| TERRY HAMBlIN |
The problem with these new prognostic tests
is that they are new. They have been developed in research laboratories
and are still only being used in a relatively few labs. Most lab tests
are subject to external quality assurance. This means that wherever you
go in the world you get the same answer. The new prognostic tests are
not controlled in this way.
Flow cytometry
This is a method of determining whether an antibody reacts with a cell.
You can do this down the microscope, but if you do you can only count a
few hundred cells. The flow cytometer is a machine that does the same
thing, but counts tens of thousands of cells, so it is much more
accurate. Most routine labs now have a flow cytometer - there are quite
cheap bench top machines, and the methods have become standardised. The
main use of flow cytometry in CLL is to ensure the diagnosis. CLL cells
should be CD5+, CD19+, CD23+, and have weak surface immunoglobulin and
weak or negative CD79b. They are mostly FMC7 negative too, and CD20 is
usually quite weak. There are a number of other B-cell lymphomas that
sometimes resemble CLL, but flow cytometry for these is different and
therefore you can be sure that you are dealing with CLL and not an
impostor.
Recently labs have been testing for CD38. This tells something about
prognosis. The problem is that CD38 is also on T cells, so you have to
be sure that you are looking at the right population (B-cells not
T-cells), and when it was introduced even quite expert research labs
made a hash of it.
The reason that CD38 was thought to be useful was that it seemed to give
the same results as whether or not there were somatic mutations in the
immunoglobulin genes. Our lab had discovered that those patients without
mutations had a much shorter survival (about 8 years) than those with
mutations (about 25 years). The New York group came to the same
conclusion as us and showed that unmutated cases were CD38 positive.

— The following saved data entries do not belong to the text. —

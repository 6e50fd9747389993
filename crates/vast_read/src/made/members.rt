//! Members, modules and files.
#![tactic(auto, unfolding(vast_rows::specs::Built::make, vast_rows::specs::Built::of_one, vast_rows::specs::Built::of_two, vast_rows::specs::Built::of_three, vast_rows::specs::Built::of_four))]

ghost use Rattle.std.specs.Prelude.{◌∷◌, IfOk};
ghost use Rattle.vast_rows.specs.Built.{make, named_member};
ghost use Rattle.vast_rows.specs.declared.action.Action.TheVariants as action;
ghost use Rattle.vast_read.specs.Internal.Made.{Grown, denoted, value_view};

use crate::children::Children;
use crate::macros::wanted;
use crate::made::declarations::name_type;
use crate::made::part::{first, maybe};
use crate::made::value::{Alternatives, Path, Range, Value, Values};
use crate::tree::words::key_word;
use crate::tree::{
    Always, Connection, EnumType, Event, Function, Group, Instance, LoopRange, MacroUse,
    NormalDeclaration, NormalExpr, NormalItem, NormalMember, NormalModule, NormalStatement,
    Parameter, Port, StructType,
};
use std::alloc::{AllocError, Global};
use vast_literal::{AlwaysKind, Key};
use vast_names::Word;

/// A member of its declaration.
pub(crate) fn declaration_member(alloc: Global, values: &mut Values<'_>) -> Result<(), AllocError>
    ensures { IfOk result (λ _. Grown (make action.DeclarationMember (denoted values.old))
        values.new) }
{
    let declared = wanted!(first::<NormalDeclaration>(values));
    let declared = Box::new(alloc, declared)?;
    values.push(Value::Member(NormalMember::Declaration(declared)))
}

/// An assignment of its sides.
pub(crate) fn assign_member(values: &mut Values<'_>) -> Result<(), AllocError>
    ensures { IfOk result (λ _. Grown (make action.AssignMember (denoted values.old)) values.new) }
{
    let left = wanted!(first::<Box<NormalExpr>>(values));
    let right = wanted!(first::<Box<NormalExpr>>(values));
    values.push(Value::Member(NormalMember::Assign(left, right)))
}

/// A parameter by that word, of its declaration and value.
pub(crate) fn parameter_member(
    alloc: Global,
    key: Key,
    values: &mut Values<'_>,
) -> Result<(), AllocError>
    ensures { IfOk result (λ _. Grown (make (action.ParameterMember key) (denoted values.old))
        values.new) }
{
    let declared = wanted!(first::<NormalDeclaration>(values));
    let value = wanted!(first::<Box<NormalExpr>>(values));
    let word = key_word(alloc, key)?;
    let declared = Box::new(alloc, declared)?;
    values.push(Value::Member(NormalMember::Parameter(word, declared, value)))
}

/// The import of a package by its name.
pub(crate) fn import_member(alloc: Global, values: &mut Values<'_>) -> Result<(), AllocError>
    ensures { IfOk result (λ _. Grown (make action.ImportMember (denoted values.old)) values.new) }
{
    let package = wanted!(first::<&str>(values));
    let package = Word::new(alloc, package)?;
    values.push(Value::Member(NormalMember::Import(package)))
}

/// An enumeration of its type, its entries, its name and the groups after that.
pub(crate) fn enum_member(alloc: Global, values: &mut Values<'_>) -> Result<(), AllocError>
    ensures { IfOk result (λ _. Grown (make action.EnumMember (denoted values.old)) values.new) }
{
    let mut declared = wanted!(first::<NormalDeclaration>(values));
    let entries = wanted!(first::<Children<Connection>>(values));
    let name = wanted!(first::<&str>(values));
    let after = wanted!(first::<Children<Group>>(values));
    declared.name = Word::new(alloc, name)?;
    declared.after = after.reversed();
    let made = EnumType {
        declaration: Box::new(alloc, declared)?,
        entries: entries.reversed(),
    };
    values.push(Value::Member(NormalMember::Enum(Box::new(alloc, made)?)))
}

/// A packed structure of its fields and its name.
pub(crate) fn struct_member(alloc: Global, values: &mut Values<'_>) -> Result<(), AllocError>
    ensures { IfOk result (λ _. Grown (make action.StructMember (denoted values.old)) values.new) }
{
    let fields = wanted!(first::<Children<NormalDeclaration>>(values));
    let name = wanted!(first::<&str>(values));
    let made = StructType {
        name: Word::new(alloc, name)?,
        fields: fields.reversed(),
    };
    values.push(Value::Member(NormalMember::Struct(Box::new(alloc, made)?)))
}

/// A macro of its name, its arguments where it has any, and whether there is a semicolon.
pub(crate) fn macro_member(alloc: Global, values: &mut Values<'_>) -> Result<(), AllocError>
    ensures { IfOk result (λ _. Grown (make action.MacroMember (denoted values.old)) values.new) }
{
    let name = wanted!(first::<&str>(values));
    let arguments = wanted!(maybe::<Children<NormalExpr>>(values));
    let has_semicolon = wanted!(first::<bool>(values));
    let made = MacroUse {
        name: Word::new(alloc, name)?,
        arguments: match arguments {
            Some(arguments) => Some(arguments.reversed()),
            None => None,
        },
        has_semicolon,
    };
    values.push(Value::Member(NormalMember::Macro(Box::new(alloc, made)?)))
}

/// A variable of the type that a name is, or an instance of the module that it is.
#[tactic(auto, unfolding(vast_rows::specs::Built::named_member, vast_rows::specs::Built::make, vast_rows::specs::Built::of_one, vast_rows::specs::Built::of_two, vast_rows::specs::Built::of_three, vast_rows::specs::Built::of_four))]
pub(crate) fn named_member(alloc: Global, values: &mut Values<'_>) -> Result<(), AllocError>
    ensures { IfOk result (λ _. Grown (make action.NamedMember (denoted values.old)) values.new) }
{
    let name = wanted!(first::<&str>(values));
    match values.pop() {
        None => Ok(()),
        Some(value) => member_of(alloc, name, value, values),
    }
}

/// The same for a name and the value after it.
#[tactic(auto, unfolding(vast_rows::specs::Built::named_member, vast_rows::specs::Built::of_one, vast_rows::specs::Built::of_two))]
fn member_of<'t>(
    alloc: Global,
    name: &'t str,
    value: Value<'t>,
    values: &mut Values<'t>,
) -> Result<(), AllocError>
    ensures { IfOk result (λ _. Grown (named_member name.now
        (value_view value.entry ∷ denoted values.old)) values.new) }
{
    match value {
        Value::Declaration(mut declared) => {
            declared.typed = name_type(alloc, name, declared.typed)?;
            let declared = Box::new(alloc, declared)?;
            values.push(Value::Member(NormalMember::Declaration(declared)))
        }
        Value::Connections(parameters) => {
            let instance = wanted!(first::<&str>(values));
            let ports = wanted!(first::<Children<Connection>>(values));
            let made = Instance {
                definition: Word::new(alloc, name)?,
                parameters: parameters.reversed(),
                name: Word::new(alloc, instance)?,
                connections: ports.reversed(),
            };
            values.push(Value::Member(NormalMember::Instance(Box::new(alloc, made)?)))
        }
        other => {
            drop(other);
            Ok(())
        }
    }
}

/// A block of that kind, of what it waits for and its statements.
pub(crate) fn always_member(
    alloc: Global,
    kind: AlwaysKind,
    values: &mut Values<'_>,
) -> Result<(), AllocError>
    ensures { IfOk result (λ _. Grown (make (action.AlwaysMember kind) (denoted values.old))
        values.new) }
{
    let events = wanted!(first::<Children<Event>>(values));
    let body = wanted!(first::<Children<NormalStatement>>(values));
    let made = Always {
        kind,
        events: events.reversed(),
        body: body.reversed(),
    };
    values.push(Value::Member(NormalMember::Always(Box::new(alloc, made)?)))
}

/// A conditional of its arms.
pub(crate) fn conditional_member(alloc: Global, values: &mut Values<'_>) -> Result<(), AllocError>
    ensures { IfOk result (λ _. Grown (make action.ConditionalMember (denoted values.old))
        values.new) }
{
    let alternatives = wanted!(first::<Alternatives>(values));
    let (arms, last) = alternatives.in_order()?;
    let choice = Box::new(alloc, NormalStatement::Choice(arms, last))?;
    values.push(Value::Member(NormalMember::Conditional(choice)))
}

/// A function of its declaration, inputs, locals and statements.
pub(crate) fn function_member(alloc: Global, values: &mut Values<'_>) -> Result<(), AllocError>
    ensures { IfOk result (λ _. Grown (make action.FunctionMember (denoted values.old))
        values.new) }
{
    let declared = wanted!(first::<NormalDeclaration>(values));
    let inputs = wanted!(first::<Children<NormalDeclaration>>(values));
    let locals = wanted!(first::<Children<NormalDeclaration>>(values));
    let body = wanted!(first::<Children<NormalStatement>>(values));
    let made = Function {
        output: Box::new(alloc, declared)?,
        inputs: inputs.reversed(),
        locals: locals.reversed(),
        body: body.reversed(),
    };
    values.push(Value::Member(NormalMember::Function(Box::new(alloc, made)?)))
}

/// A loop of its head, its label where it has one, and its members.
pub(crate) fn loop_member(alloc: Global, values: &mut Values<'_>) -> Result<(), AllocError>
    ensures { IfOk result (λ _. Grown (make action.LoopMember (denoted values.old)) values.new) }
{
    let range = wanted!(first::<Range<'_>>(values));
    let label = wanted!(maybe::<&str>(values));
    let members = wanted!(first::<Children<NormalMember>>(values));
    let made = LoopRange {
        variable: Word::new(alloc, range.variable)?,
        start: range.start,
        end: range.end,
        label: Word::maybe(alloc, label)?,
    };
    let members = members.reversed();
    values.push(Value::Member(NormalMember::Loop(Box::new(alloc, made)?, members)))
}

/// A connection of its name, and of its value where it has one.
pub(crate) fn connects(alloc: Global, values: &mut Values<'_>) -> Result<(), AllocError>
    ensures { IfOk result (λ _. Grown (make action.Connects (denoted values.old)) values.new) }
{
    let name = wanted!(first::<&str>(values));
    let value = wanted!(maybe::<Box<NormalExpr>>(values));
    let name = Word::new(alloc, name)?;
    values.push(Value::Connection(Connection { name, value }))
}

/// That edge of an expression.
pub(crate) fn edge_of(alloc: Global, key: Key, values: &mut Values<'_>) -> Result<(), AllocError>
    ensures { IfOk result (λ _. Grown (make (action.EdgeOf key) (denoted values.old)) values.new) }
{
    let expression = wanted!(first::<Box<NormalExpr>>(values));
    let edge = Some(key_word(alloc, key)?);
    values.push(Value::Event(Event { edge, expression }))
}

/// Any change of a name.
pub(crate) fn change_of(alloc: Global, values: &mut Values<'_>) -> Result<(), AllocError>
    ensures { IfOk result (λ _. Grown (make action.ChangeOf (denoted values.old)) values.new) }
{
    let name = wanted!(first::<&str>(values));
    let name = NormalExpr::Name(Word::new(alloc, name)?);
    let expression = Box::new(alloc, name)?;
    values.push(Value::Event(Event {
        edge: None,
        expression,
    }))
}

/// A parameter of a header, of its declaration and value.
pub(crate) fn header_parameter(alloc: Global, values: &mut Values<'_>) -> Result<(), AllocError>
    ensures { IfOk result (λ _. Grown (make action.HeaderParameter (denoted values.old))
        values.new) }
{
    let declared = wanted!(first::<NormalDeclaration>(values));
    let value = wanted!(first::<Box<NormalExpr>>(values));
    let declaration = Box::new(alloc, declared)?;
    values.push(Value::Parameter(Parameter { declaration, value }))
}

/// A port of that direction, of its declaration.
pub(crate) fn port_of(alloc: Global, key: Key, values: &mut Values<'_>) -> Result<(), AllocError>
    ensures { IfOk result (λ _. Grown (make (action.PortOf key) (denoted values.old)) values.new) }
{
    let declared = wanted!(first::<NormalDeclaration>(values));
    let made = Port {
        direction: key_word(alloc, key)?,
        declaration: Box::new(alloc, declared)?,
    };
    values.push(Value::Port(made))
}

/// A module of its name, parameters, ports and members.
pub(crate) fn module_item(alloc: Global, values: &mut Values<'_>) -> Result<(), AllocError>
    ensures { IfOk result (λ _. Grown (make action.ModuleItem (denoted values.old)) values.new) }
{
    let name = wanted!(first::<&str>(values));
    let parameters = wanted!(first::<Children<Parameter>>(values));
    let ports = wanted!(first::<Children<Port>>(values));
    let members = wanted!(first::<Children<NormalMember>>(values));
    let made = NormalModule {
        name: Word::new(alloc, name)?,
        parameters: parameters.reversed(),
        ports: ports.reversed(),
        members: members.reversed(),
    };
    values.push(Value::Item(NormalItem::Module(made)))
}

/// An include of its path, after the macro's name.
pub(crate) fn include_item(alloc: Global, values: &mut Values<'_>) -> Result<(), AllocError>
    ensures { IfOk result (λ _. Grown (make action.IncludeItem (denoted values.old)) values.new) }
{
    let _macro = wanted!(first::<&str>(values));
    let path = wanted!(first::<Path<'_>>(values));
    let path = Word::new(alloc, path.text)?;
    values.push(Value::Item(NormalItem::Include(path)))
}

/// The import of a package by its name, as an item of a file.
pub(crate) fn import_item(alloc: Global, values: &mut Values<'_>) -> Result<(), AllocError>
    ensures { IfOk result (λ _. Grown (make action.ImportItem (denoted values.old)) values.new) }
{
    let package = wanted!(first::<&str>(values));
    let package = Word::new(alloc, package)?;
    values.push(Value::Item(NormalItem::Import(package)))
}

/// An item of a member.
pub(crate) fn member_item(values: &mut Values<'_>) -> Result<(), AllocError>
    ensures { IfOk result (λ _. Grown (make action.MemberItem (denoted values.old)) values.new) }
{
    let member = wanted!(first::<NormalMember>(values));
    values.push(Value::Item(NormalItem::Member(member)))
}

Since somatic mutations is a hard to do test and very time consuming, it
was thought that CD38 could be a substitute. Unfortunately, this turned
out not to be true. We showed that the tests give different results in
30% of cases and in 25% of cases the level of CD38 changes during the
course of the disease.
It was because we were searching for another surrogate that ZAP-70
turned up. After we had suggested there might be 2 types of CLL,
scientists at the NIH in Maryland examined the 2 types to see which
genes were switched on and which were switched off. They did this using
a chip for microarrays. They found that the two types differed by about
240 genes, and the gene that most completely separated them was ZAP-70.
ZAP-70 is a molecule used to signal between the cell surface and the
nucleus. It is part of the normal signalling apparatus of T-cells but
not of B-cells. However it does seem to be involved in signalling in the
more severe type of CLL. Measuring ZAP-70 in the way that the NIH did it
is just as complicated as looking for somatic mutations.

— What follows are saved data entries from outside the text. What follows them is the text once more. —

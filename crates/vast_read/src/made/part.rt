//! Parts by their kinds.

ghost use Rattle.std.specs.Prelude.{◌≡◌, ℕ, List, Bool, Option, Some, None, MatchOption, option_map};
ghost use Rattle.vast_literal.specs.NormalExpr as normal_expr;
ghost use Rattle.vast_literal.specs.NormalFile as normal;
ghost use Rattle.vast_read.specs.DeclarationView.{group_view, declaration_view};
ghost use Rattle.vast_read.specs.FileView.{parameter_view, port_view, item_view};
ghost use Rattle.vast_read.specs.Internal.Made.{arms_denoted, denoted, value_view};
ghost use Rattle.vast_read.specs.MemberView.{event_view, connection_view, member_view};
ghost use Rattle.vast_read.specs.StatementView.{statement_view};
ghost use Rattle.vast_read.specs.View.{view};
ghost use Rattle.vast_rows.specs.Built.{Seen, first, maybe, as_answer, as_name, as_path, as_expression, as_loop, as_group, as_declaration, as_connection, as_event, as_statement, as_arms, as_member, as_parameter, as_port, as_item};

use crate::made::value::{Alternatives, Path, Range, Value, Values};
use crate::tree::{
    Connection, Event, Group, NormalDeclaration, NormalExpr, NormalItem, NormalMember,
    NormalStatement, Parameter, Port,
};

/// A part that may stand first among values.
pub(crate) trait Part<'t>: Sized {
    ghost Normal: { Type 0 };

    ghost kind: { Seen → Option Normal };

    ghost denotes: { Self → Normal };

    /// The value, if it is such a part.
    fn of(value: Value<'t>) -> Option<Self>
        ensures { MatchOption result (kind (value_view value.entry) ≡ None)
            (λ x. kind (value_view value.entry) ≡ Some (denotes x)) };
}

/// No part: the value is none of the kind. It is let go by a call, since where it went out of scope, the check of each
/// caller would hold how every kind of value is let go.
pub(crate) fn no_part<T>(value: Value<'_>) -> Option<T>
    ensures { result ≡ None }
{
    drop(value);
    None
}

/// The first of these values, if it is such a part. Whatever it is, it leaves.
pub(crate) fn first<'t, P: Part<'t>>(values: &mut Values<'t>) -> Option<P>
    ensures { MatchOption result (first P.kind (denoted values.old) ≡ None)
        (λ x. first P.kind (denoted values.old) ≡ Some (P.denotes x, denoted values.new)) }
{
    match values.pop() {
        None => None,
        Some(value) => P::of(value),
    }
}

/// The same, or the mark of a part that is left out.
pub(crate) fn maybe<'t, P: Part<'t>>(values: &mut Values<'t>) -> Option<Option<P>>
    ensures { MatchOption result (first (maybe P.kind) (denoted values.old) ≡ None)
        (λ x. first (maybe P.kind) (denoted values.old)
        ≡ Some (option_map P.denotes x, denoted values.new)) }
{
    match values.pop() {
        None => None,
        Some(Value::Nothing) => Some(None),
        Some(value) => match P::of(value) {
            None => None,
            Some(part) => Some(Some(part)),
        },
    }
}

/// The part that a value holds, if it is of the kind.
macro_rules! held {
    ($value:expr, $kind:ident) => {
        match $value {
            Value::$kind(part) => Some(part),
            other => no_part(other),
        }
    };
}

pub(crate) use held;

impl<'t> Part<'t> for bool {
    ghost Normal = { Bool };

    ghost kind = { as_answer };

    ghost denotes = { λ b. b };

    fn of(value: Value<'t>) -> Option<bool> {
        held!(value, Answer)
    }
}

impl<'t> Part<'t> for &'t str {
    ghost Normal = { List ℕ };

    ghost kind = { as_name };

    ghost denotes = { λ w. w.now };

    fn of(value: Value<'t>) -> Option<&'t str> {
        held!(value, Name)
    }
}

impl<'t> Part<'t> for Path<'t> {
    ghost Normal = { List ℕ };

    ghost kind = { as_path };

    ghost denotes = { λ p. p.text.now };

    fn of(value: Value<'t>) -> Option<Path<'t>> {
        held!(value, Path)
    }
}

impl<'t> Part<'t> for Box<NormalExpr> {
    ghost Normal = { normal_expr.NormalExpr };

    ghost kind = { as_expression };

    ghost denotes = { λ x. view x.value };

    fn of(value: Value<'t>) -> Option<Box<NormalExpr>> {
        held!(value, Expression)
    }
}

impl<'t> Part<'t> for Range<'t> {
    ghost Normal = { List ℕ × normal_expr.NormalExpr × normal_expr.NormalExpr };

    ghost kind = { as_loop };

    ghost denotes = { λ r. (r.variable.now, view r.start.value, view r.end.value) };

    fn of(value: Value<'t>) -> Option<Range<'t>> {
        held!(value, Loop)
    }
}

impl<'t> Part<'t> for Group {
    ghost Normal = { normal.Group };

    ghost kind = { as_group };

    ghost denotes = { group_view };

    fn of(value: Value<'t>) -> Option<Group> {
        held!(value, Group)
    }
}

impl<'t> Part<'t> for NormalDeclaration {
    ghost Normal = { normal.NormalDeclaration };

    ghost kind = { as_declaration };

    ghost denotes = { declaration_view };

    fn of(value: Value<'t>) -> Option<NormalDeclaration> {
        held!(value, Declaration)
    }
}

impl<'t> Part<'t> for Connection {
    ghost Normal = { normal.NormalConnection };

    ghost kind = { as_connection };

    ghost denotes = { connection_view };

    fn of(value: Value<'t>) -> Option<Connection> {
        held!(value, Connection)
    }
}

impl<'t> Part<'t> for Event {
    ghost Normal = { normal.Event };

    ghost kind = { as_event };

    ghost denotes = { event_view };

    fn of(value: Value<'t>) -> Option<Event> {
        held!(value, Event)
    }
}

impl<'t> Part<'t> for NormalStatement {
    ghost Normal = { normal.NormalStatement };

    ghost kind = { as_statement };

    ghost denotes = { statement_view };

    fn of(value: Value<'t>) -> Option<NormalStatement> {
        held!(value, Statement)
    }
}

impl<'t> Part<'t> for Alternatives {
    ghost Normal = { normal.Arms };

    ghost kind = { as_arms };

    ghost denotes = { arms_denoted };

    fn of(value: Value<'t>) -> Option<Alternatives> {
        held!(value, Arms)
    }
}

impl<'t> Part<'t> for NormalMember {
    ghost Normal = { normal.NormalMember };

    ghost kind = { as_member };

    ghost denotes = { member_view };

    fn of(value: Value<'t>) -> Option<NormalMember> {
        held!(value, Member)
    }
}

impl<'t> Part<'t> for Parameter {
    ghost Normal = { normal.NormalParameter };

    ghost kind = { as_parameter };

    ghost denotes = { parameter_view };

    fn of(value: Value<'t>) -> Option<Parameter> {
        held!(value, Parameter)
    }
}

impl<'t> Part<'t> for Port {
    ghost Normal = { normal.NormalPort };

    ghost kind = { as_port };

    ghost denotes = { port_view };

    fn of(value: Value<'t>) -> Option<Port> {
        held!(value, Port)
    }
}

impl<'t> Part<'t> for NormalItem {
    ghost Normal = { normal.NormalItem };

    ghost kind = { as_item };

    ghost denotes = { item_view };

    fn of(value: Value<'t>) -> Option<NormalItem> {
        held!(value, Item)
    }
}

At this point we collaborated with the NIH and we devised some other
quicker tests. One was RT-PCR, where you extract the RNA from the CLL
cells to see whether it will bind to complementary nucleic acid probes.
This turns out to be complicated because you have to remove the T-cells
(which have even more ZAP-70 then positive CLL cells do. Another used an
antibody to stain histology slides of lymph node or bone marrow. This
was OK, but only semi-quantitative. Another antibody test was Western
blotting, but this also meant removing the T-cells.

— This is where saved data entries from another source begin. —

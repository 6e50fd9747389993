//! Parts that were made.

use crate::children::Children;
use crate::tree::{
    Arm, CaseArm, Connection, Event, Group, NormalDeclaration, NormalExpr, NormalItem,
    NormalMember, NormalStatement, Parameter, Port,
};
use vast_rows::Stack;

/// A path, which is no name.
#[derive(Clone, Copy)]
pub(crate) struct Path<'t> {
    pub(crate) text: &'t str,
}

/// The variable of a loop, its start, and the end that it stays below.
#[derive(Drop)]
pub(crate) struct Range<'t> {
    pub(crate) variable: &'t str,
    pub(crate) start: Box<NormalExpr>,
    pub(crate) end: Box<NormalExpr>,
}

/// The arms of a conditional, without those that stand before them.
#[derive(Drop)]
pub(crate) struct Alternatives {
    /// The arm that stands last.
    pub(crate) innermost: Arm,
    /// Those before it, the last of them first.
    pub(crate) before: Children<Arm>,
    /// The block of the last `else`.
    pub(crate) last: Option<Children<NormalStatement>>,
}

/// A part of a file. Lists have their last part first, since they are made from the right.
#[derive(Drop)]
pub(crate) enum Value<'t> {
    /// A part that is left out.
    Nothing,
    Answer(bool),
    Name(&'t str),
    Path(Path<'t>),
    Expression(Box<NormalExpr>),
    Loop(Range<'t>),
    Expressions(Children<NormalExpr>),
    Group(Group),
    Groups(Children<Group>),
    Declaration(NormalDeclaration),
    Declarations(Children<NormalDeclaration>),
    Connection(Connection),
    Connections(Children<Connection>),
    Event(Event),
    Events(Children<Event>),
    Statement(NormalStatement),
    Statements(Children<NormalStatement>),
    Arms(Alternatives),
    Labels(Children<CaseArm>),
    Member(NormalMember),
    Members(Children<NormalMember>),
    Parameter(Parameter),
    Parameters(Children<Parameter>),
    Port(Port),
    Ports(Children<Port>),
    Item(NormalItem),
    Items(Children<NormalItem>),
}

/// The parts that were made, the first on top.
pub(crate) type Values<'t> = Stack<Value<'t>>;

We then set about designing a flow cytometry test for ZAP-70. This was
done by Jenny Orchard in our lab. It was quite a difficult task because
ZAP-70 in CLL cells is quite weak and inside the cells rather than on
the surface. The antibodies available were not designed for this sort of
assay. Many labs around the world gave up because they couldn't get it
to work, but Jenny persevered and finally developed an assay. We had to
check that it gave the same result as all the previous tests including
RT-PCR, and Western blotting. At the same time as us Dr Montserrat's lab
in Barcelona, Spain also produced a Flow assay. Both assays were
reported at the ASH meeting in December 2002. Both assays gave closely
similar results to somatic mutations - <10% discrepancies.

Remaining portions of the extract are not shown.